YOUR ASSIGNMENT
Copy each line of the following data that contains "return".

DATA PROVIDED
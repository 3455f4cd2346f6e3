//! What closures hold, and what the fact rule implies.
ghost use Rattle.ff_propagate.specs.ClosureLaws.{QuietFactsAreTheClosure, DeadFactsClash, ContradictionsClash, AssignmentsHoldTheClosure};
ghost use Rattle.ff_propagate.specs.RuleLaws.{FactsAreInside, FactsGrow};

/// A law: facts that meet the fact rule are in the closure of their givens.
pub fn facts_are_in_the_closure()
    ensures { FactsAreInside }
{}

/// A law: further facts leave the rule of the earlier ones true.
pub fn further_facts_keep_the_rule()
    ensures { FactsGrow }
{}

/// A law: facts that meet the fact rule and hold the givens, and from which no constraint forces more, are exactly the closure.
pub fn quiet_facts_are_the_closure()
    ensures { QuietFactsAreTheClosure }
{}

/// A law: the closure clashes where a constraint is dead in facts that meet the fact rule.
pub fn dead_facts_clash()
    ensures { DeadFactsClash }
{}

/// A law: the closure clashes where two givens contradict each other.
pub fn contradictions_clash()
    ensures { ContradictionsClash }
{}

/// A law: an assignment that meets the constraints and holds the givens has the values of the closure.
pub fn assignments_hold_the_closure()
    ensures { AssignmentsHoldTheClosure }
{}
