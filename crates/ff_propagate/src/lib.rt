//! Facts that constraints force from givens, and the parts that are left undecided.
#![tactic(auto)]

mod closing;
mod facts;
mod following;
mod giving;
mod laws;
mod levels;
mod parts;
mod telling;
mod trail;
mod uses;
mod words;

pub use closing::{close, givens_fit};
pub use facts::{ClashAt, Closed, Fact, Facts, Reason};
pub use giving::give;
pub use laws::{
    assignments_hold_the_closure, contradictions_clash, dead_facts_clash, facts_are_in_the_closure,
    further_facts_keep_the_rule, quiet_facts_are_the_closure,
};
pub use parts::Part;
pub use trail::{Step, Trail};
pub use uses::Uses;
pub use words::{Held, read_word, write_word};
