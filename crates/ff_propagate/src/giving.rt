//! The facts of the givens.
ghost use Rattle.std.specs.Prelude.{◌≡◌, ℕ, ◌+◌, ◌<◌, ◌≤◌, ◌^◌, length, None, Some, slice_get};
ghost use Rattle.ff_propagate.specs.Closing.{GivensFit};
ghost use Rattle.ff_propagate.specs.RuleLaws.{HasFacts};
ghost use Rattle.ff_propagate.specs.Giving.{HasGivens, GaveOne, GaveAll, Agreed};

use crate::facts::{ClashAt, Fact, Reason};
use ff_tables::Given;

// Sets the i-th given, where its variable has no fact. The first given that it contradicts.
fn give_one(facts: &mut [Option<Fact>], givens: &[Given], given: Given, i: u32) -> Option<u32>
    requires given { slice_get givens.now i ≡ Some given }
    requires var { given.var < length facts.old }
    requires gives { HasGivens givens.now i facts.old }
    ensures wide { length facts.new ≡ length facts.old }
    ensures more { HasFacts facts.new facts.old }
    ensures gives { HasGivens givens.now (i + 1) facts.new }
    ensures gave { GaveOne givens.now given i facts.new result }
{
    let _ = givens.len();
    match facts[given.var as usize] {
        None => {
            facts[given.var as usize] = Some(Fact {
                value: given.value,
                level: 0,
                reason: Reason::Given(i),
            });
            None
        }
        Some(h) => {
            if h.value == given.value {
                return None;
            }
            match h.reason {
                Reason::Given(j) => Some(j),
                Reason::Forced(_) => unreachable!(),
            }
        }
    }
}

// Sets the givens from the n-th on.
fn give_rest(facts: &mut [Option<Fact>], givens: &[Given], n: u32)
    requires fit { GivensFit (length facts.old) givens.now }
    requires few { length givens.now < 2 ^ 32 }
    requires n { n ≤ length givens.now }
    requires gives { HasGivens givens.now n facts.old }
    ensures wide { length facts.new ≡ length facts.old }
    ensures gives { HasGivens givens.now (length givens.now) facts.new }
{
    for i in n..givens.len() as u32 {
        give_one(facts, givens, givens[i as usize], i);
    }
}

/// Sets all givens. The first that contradicts an earlier one, with the first that it contradicts.
pub fn give(facts: &mut [Option<Fact>], givens: &[Given]) -> Option<ClashAt>
    requires fit { GivensFit (length facts.old) givens.now }
    requires few { length givens.now < 2 ^ 32 }
    requires gives { HasGivens givens.now 0 facts.old }
    ensures wide { length facts.new ≡ length facts.old }
    ensures gives { HasGivens givens.now (length givens.now) facts.new }
    ensures gave { GaveAll givens.now (length givens.now) facts.new result }
{
    for i in 0..givens.len() as u32 {
        if let Some(first) = give_one(facts, givens, givens[i as usize], i) {
            give_rest(facts, givens, i + 1);
            return Some(ClashAt::Givens { first, second: i });
        }
    }
    None
}
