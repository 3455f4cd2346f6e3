//! Values that are set one after the other, and taken back.
ghost use Rattle.std.specs.Prelude.{◌≡◌, ℕ, ◌+◌, ◌<◌, ◌≤◌, ◌⊎◌, ◌^◌, ◌++◌, ◌∷◌, [], IfOk, IsTrue, List, false, length, take, None, Some, slice_get, slice_set, slice_index_or, vec_len, vec_capacity};
ghost use Rattle.ff_tables.specs.declared.terms.Constraint.{Constraint as ConstraintSpec};
ghost use Rattle.ff_tables.specs.Systems.{IsFit};
ghost use Rattle.ff_propagate.specs.Trails.{value_in, known, step_at, cut, IsTrail, AreForced, Grows, IsStepped, Waits, IsSilent, Rests, IsDead, Ends};

use ff_tables::{Constraint, Forced, Known, NoMemory, Order, System, forced};
use std::alloc::Global;

/// A variable that got a value, and the number of the constraint that forced it; none where no constraint did, as for a value that
/// is tried.
#[derive(Clone, Copy, Debug, PartialEq, Eq)]
pub struct Step {
    pub var: u32,
    pub by: Option<u32>,
}

/// For each variable its value, where it is known.
#[derive(Drop)]
pub(crate) struct Values {
    pub(crate) list: Vec<Option<Order>>,
}

impl Known for Values {
    ghost count = { λ s. length s.list.items };

    ghost known = { λ s v. value_in s.list.items v };

    #[inline(always)]
    fn value(&self, var: u32) -> Option<Order> {
        self.list[var as usize]
    }
}

/// For each variable its value, where it is known, and the steps in which variables got values since the start, in their order.
#[derive(Drop)]
pub struct Trail {
    pub(crate) values: Values,
    pub(crate) steps: Vec<Step>,
}

impl Known for Trail {
    ghost count = { λ t. length t.values.list.items };

    ghost known = { λ t v. known t v };

    #[inline]
    fn value(&self, var: u32) -> Option<Order> {
        self.values.value(var)
    }
}

impl Trail {
    /// Values that are known at the start, and no steps. It takes the memory of the whole trail.
    pub fn of(alloc: Global, list: Vec<Option<Order>>) -> Result<Trail, NoMemory>
        requires few { length list.items < 2 ^ 32 }
        ensures trail { IfOk result (λ t. IsTrail (length list.items) t) }
        ensures values { IfOk result (λ t. t.values.list.items ≡ list.items) }
        ensures none { IfOk result (λ t. t.steps.items ≡ []) }
    {
        let steps = Vec::with_capacity(alloc, list.len())?;
        Ok(Trail {
            values: Values { list },
            steps,
        })
    }

    /// How many steps there are.
    #[inline]
    pub fn len(&self) -> usize
        ensures { result ≡ length self.now.steps.items }
    {
        self.steps.len()
    }

    /// The step with this number.
    #[inline]
    pub fn step(&self, number: usize) -> Step
        requires { number < length self.now.steps.items }
        ensures { result ≡ step_at self.now number }
    {
        self.steps[number]
    }

    #[inline]
    fn set(&mut self, var: u32, value: Order, by: Option<u32>)
        requires values { var < length self.old.values.list.items }
        requires room { vec_len self.old.steps < vec_capacity self.old.steps }
        ensures { IsStepped self.old var value by self.new }
    {
        self.values.list[var as usize] = Some(value);
        self.steps.push_reserved(Step { var, by });
    }

    /// Gives the variable, which has no value, this one, by no constraint.
    pub fn assume(&mut self, vars: u32, var: u32, value: Order)
        requires trail { IsTrail vars self.old }
        requires var { var < vars }
        requires open { known self.old var ≡ None }
        ensures trail { IsTrail vars self.new }
        ensures stepped { IsStepped self.old var value None self.new }
        ensures within { length self.new.steps.items ≤ vars }
        ensures same { (m : ℕ) → m ≤ length self.old.steps.items → (v : ℕ) → cut self.new m v ≡ cut self.old m v }
    {
        let _ = vars;
        self.set(var, value, None);
    }

    /// Sets what the constraint, which has this number, forces. Whether it is dead: no row of it agrees with what is known.
    #[inline(always)]
    pub fn examine(&mut self, system: &System, con: &Constraint, number: u32) -> bool
        requires trail { IsTrail system.now.vars self.old }
        requires con { slice_get system.now.constraints number ≡ Some con.now }
        ensures trail { IsTrail system.now.vars self.new }
        ensures grows { Grows system.now.constraints self.old self.new }
        ensures rests { result ≡ false → Rests self.new (length self.old.steps.items) con.now }
        ensures dead { IsTrue result → IsDead system.now.constraints self.new number }
    {
        match forced(con, &self.values) {
            Forced::Nothing => false,
            Forced::Value { var, value } => {
                self.set(var, value, Some(number));
                false
            }
            Forced::Dead => true,
        }
    }

    /// Takes back all values since the trail had as many steps.
    pub fn undo(&mut self, vars: u32, steps: usize)
        requires trail { IsTrail vars self.old }
        requires steps { steps ≤ length self.old.steps.items }
        ensures trail { IsTrail vars self.new }
        ensures steps { self.new.steps.items ≡ take steps self.old.steps.items }
        ensures same { (m : ℕ) → m ≤ steps → (v : ℕ) → cut self.new m v ≡ cut self.old m v }
        ensures forced { (cons : List ConstraintSpec) (n : ℕ) → AreForced cons n self.old → AreForced cons n self.new }
    {
        while self.steps.len() > steps {
            if let Some(step) = self.steps.pop() {
                self.values.list[step.var as usize] = None;
            }
        }
    }
}
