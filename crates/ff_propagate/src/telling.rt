//! The facts that the steps of a trail tell.
ghost use Rattle.std.specs.Prelude.{◌≡◌, ℕ, ◌+◌, ◌<◌, ◌≤◌, ◌^◌, IfOk, length, map, None, Some, slice_get};
ghost use Rattle.ff_propagate.specs.Facts.{seen};
ghost use Rattle.ff_propagate.specs.Trails.{IsTrail, IsForcedAt, AreForced};
ghost use Rattle.ff_propagate.specs.RuleLaws.{HasFacts};
ghost use Rattle.ff_propagate.specs.Telling.{AreTold};

use crate::facts::{Fact, Reason};
use crate::levels::level_over;
use crate::trail::Trail;
use ff_tables::{Given, Known, NoMemory, Order, System};
use std::alloc::Global;

/// The values that the facts give.
pub(crate) fn values_of(
    alloc: Global,
    facts: &[Option<Fact>],
) -> Result<Vec<Option<Order>>, NoMemory>
    ensures { IfOk result (λ values. values.items ≡ map seen facts.now) }
{
    let mut values = Vec::with_capacity(alloc, facts.len())?;
    for v in 0..facts.len() {
        values.push_reserved(facts[v].map(|fact| fact.value));
    }
    Ok(values)
}

// Notes the fact of the step with this number.
fn tell_one(
    facts: &mut [Option<Fact>],
    system: &System,
    givens: &[Given],
    trail: &Trail,
    number: u32,
)
    requires trail { IsTrail system.now.vars trail.now }
    requires number { number < length trail.now.steps.items }
    requires forced { IsForcedAt system.now.constraints trail.now number }
    requires told { AreTold system.now.vars system.now.constraints givens.now trail.now number facts.old }
    ensures told { AreTold system.now.vars system.now.constraints givens.now trail.now (number + 1) facts.new }
    ensures more { HasFacts facts.new facts.old }
{
    let _ = givens.len();
    let step = trail.step(number as usize);
    match step.by {
        None => {}
        Some(c) => match trail.value(step.var) {
            None => {}
            Some(value) => {
                let terms = system.constraints.as_slice()[c as usize].terms.as_slice();
                let level = level_over(facts, terms, number);
                facts[step.var as usize] = Some(Fact {
                    value,
                    level,
                    reason: Reason::Forced(c),
                });
            }
        },
    }
}

/// Notes the facts of all steps.
pub(crate) fn tell(facts: &mut [Option<Fact>], system: &System, givens: &[Given], trail: &Trail)
    requires trail { IsTrail system.now.vars trail.now }
    requires forced { AreForced system.now.constraints 0 trail.now }
    requires told { AreTold system.now.vars system.now.constraints givens.now trail.now 0 facts.old }
    ensures told { AreTold system.now.vars system.now.constraints givens.now trail.now (length trail.now.steps.items) facts.new }
    ensures more { HasFacts facts.new facts.old }
{
    for number in 0..trail.len() as u32 {
        tell_one(facts, system, givens, trail, number);
    }
}
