//! Facts with their levels and reasons, and what a closure comes to.
ghost use Rattle.std.specs.Prelude.{◌≡◌, ◌<◌, length, IfOk};
ghost use Rattle.ff_propagate.specs.Facts.{fact_at, value_at};

use ff_tables::{Items, Known, NoMemory, Order};
use std::alloc::Global;
use std::marker::Model;

/// Why a fact stands.
#[derive(Clone, Copy, Debug, PartialEq, Eq)]
pub enum Reason {
    /// The given with this number.
    Given(u32),
    /// The constraint with this number forces it from facts of lower levels.
    Forced(u32),
}

/// A value with its level: 0 for a given, else above the levels that it is forced from.
#[derive(Clone, Copy, Debug, PartialEq, Eq)]
pub struct Fact {
    pub value: Order,
    pub level: u32,
    pub reason: Reason,
}

/// For each variable its fact, if it has one. Contracts see the list of them.
#[derive(Drop)]
pub struct Facts {
    list: Items<Option<Fact>>,
}

impl Model for Facts {
    ghost use Rattle.std.specs.Prelude.{List, Option};
    ghost use Rattle.ff_propagate.specs.declared.facts.Fact.{Fact};

    ghost Value = { List (Option Fact) };

    ghost view = { λ a. a.list };
}

impl Facts {
    /// The facts of this list, one item per variable. It takes no memory.
    pub fn of(list: Items<Option<Fact>>) -> Facts
        ensures { result ≡ list }
    {
        Facts { list }
    }

    /// The fact of the variable.
    #[inline]
    pub fn fact(&self, var: u32) -> Option<Fact>
        requires { var < length self.now }
        ensures { result ≡ fact_at self.now var }
    {
        self.list.as_slice()[var as usize]
    }

    /// Equal facts.
    pub fn copy(&self, alloc: Global) -> Result<Facts, NoMemory>
        ensures { IfOk result (λ copied. copied ≡ self.now) }
    {
        Ok(Facts::of(self.list.copy(alloc)?))
    }
}

/// The values that the facts give.
impl Known for Facts {
    ghost count = { λ fs. length fs };

    ghost known = { λ fs v. value_at fs v };

    #[inline]
    fn value(&self, var: u32) -> Option<Order> {
        self.fact(var).map(|fact| fact.value)
    }
}

/// Where a closure clashes.
#[derive(Clone, Copy, Debug, PartialEq, Eq)]
pub enum ClashAt {
    /// Two givens that contradict each other: the second is the first given that contradicts an earlier one,
    /// and the first is the first that it contradicts.
    Givens { first: u32, second: u32 },
    /// A constraint with no row that agrees with the facts.
    Dead(u32),
}

/// What closing gives.
#[derive(Drop)]
pub enum Closed {
    /// Exactly the closure.
    Board(Facts),
    /// The closure clashes; the facts show where.
    Clash { facts: Facts, at: ClashAt },
}
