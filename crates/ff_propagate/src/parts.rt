//! Independent parts of what a closure leaves undecided.
ghost use Rattle.std.specs.Prelude.{◌≡◌, IfOk};

use ff_tables::{Items, NoMemory};
use std::alloc::Global;

/// The variables of a part, and the numbers of the constraints that have one of them, both in increasing order.
#[derive(Drop)]
pub struct Part {
    pub vars: Items<u32>,
    pub touching: Items<u32>,
}

impl Part {
    /// An equal part.
    pub fn copy(&self, alloc: Global) -> Result<Part, NoMemory>
        ensures { IfOk result (λ copied. copied ≡ self.now) }
    {
        Ok(Part {
            vars: self.vars.copy(alloc)?,
            touching: self.touching.copy(alloc)?,
        })
    }
}
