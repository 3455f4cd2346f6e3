//! A source and a sink that never fail.
ghost use Rattle.std.specs.Prelude.{◌≡◌, ◌<◌, ◌≤◌, length, min, Some, None, IfOk};
ghost use Rattle.ff_outside.specs.Streams.{Gives};

use crate::{Sink, SinkFailed, Source, SourceFailed};
use std::marker::Model;

/// Bytes in memory, which contracts see as those that are left. A call gives as many as the buffer has room for
/// or are left.
#[derive(Drop)]
pub struct SteadySource {
    bytes: Vec<u8>,
    at: usize,
}

impl Model for SteadySource {
    ghost use Rattle.std.specs.Prelude.{List, ℕ, ◌≤◌, drop, length};

    ghost Value = { List ℕ };

    ghost view = { λ s. drop s.at s.bytes.items };

    ghost invariant = { λ s. s.at ≤ length s.bytes.items };
}

impl SteadySource {
    /// A source of these bytes. It takes no memory.
    pub fn new(bytes: Vec<u8>) -> SteadySource
        ensures { result ≡ bytes.items }
    {
        SteadySource { bytes, at: 0 }
    }
}

impl Source for SteadySource {
    ghost left = { λ s. Some s };

    ghost faults = { λ _. 0 };

    ghost late = { λ s h. absurd h };

    fn take(&mut self, buf: &mut [u8]) -> Result<usize, SourceFailed>
        requires { 0 < length buf.old }
        ensures whole { result ≡ Ok (min (length self.old) (length buf.old)) }
        ensures within { IfOk result (λ n. n ≤ length buf.new) }
        ensures bytes { IfOk result (λ n. Gives self.old (Some self.new) buf.new n) }
    {
        let left = &self.bytes[self.at..];
        let n = left.len().min(buf.len());
        buf[..n].copy_from_slice(&left[..n]);
        self.at += n;
        Ok(n)
    }
}

/// It takes each piece whole and keeps no byte.
#[derive(Drop)]
pub struct SteadySink;

impl SteadySink {
    /// A sink that keeps nothing. It takes no memory.
    pub fn new() -> SteadySink {
        SteadySink
    }
}

impl Sink for SteadySink {
    ghost held = { λ _. None };

    ghost faults = { λ _. 0 };

    ghost late = { λ s h. absurd h };

    fn put(&mut self, piece: &[u8]) -> Result<usize, SinkFailed>
        requires { 0 < length piece.now }
        ensures whole { result ≡ Ok (length piece.now) }
        ensures within { IfOk result (λ n. (0 < n) × (n ≤ length piece.now)) }
    {
        Ok(piece.len())
    }
}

RESULT OF THIS TASK
                return None;
            return Some(ClashAt::Givens { first, second: i });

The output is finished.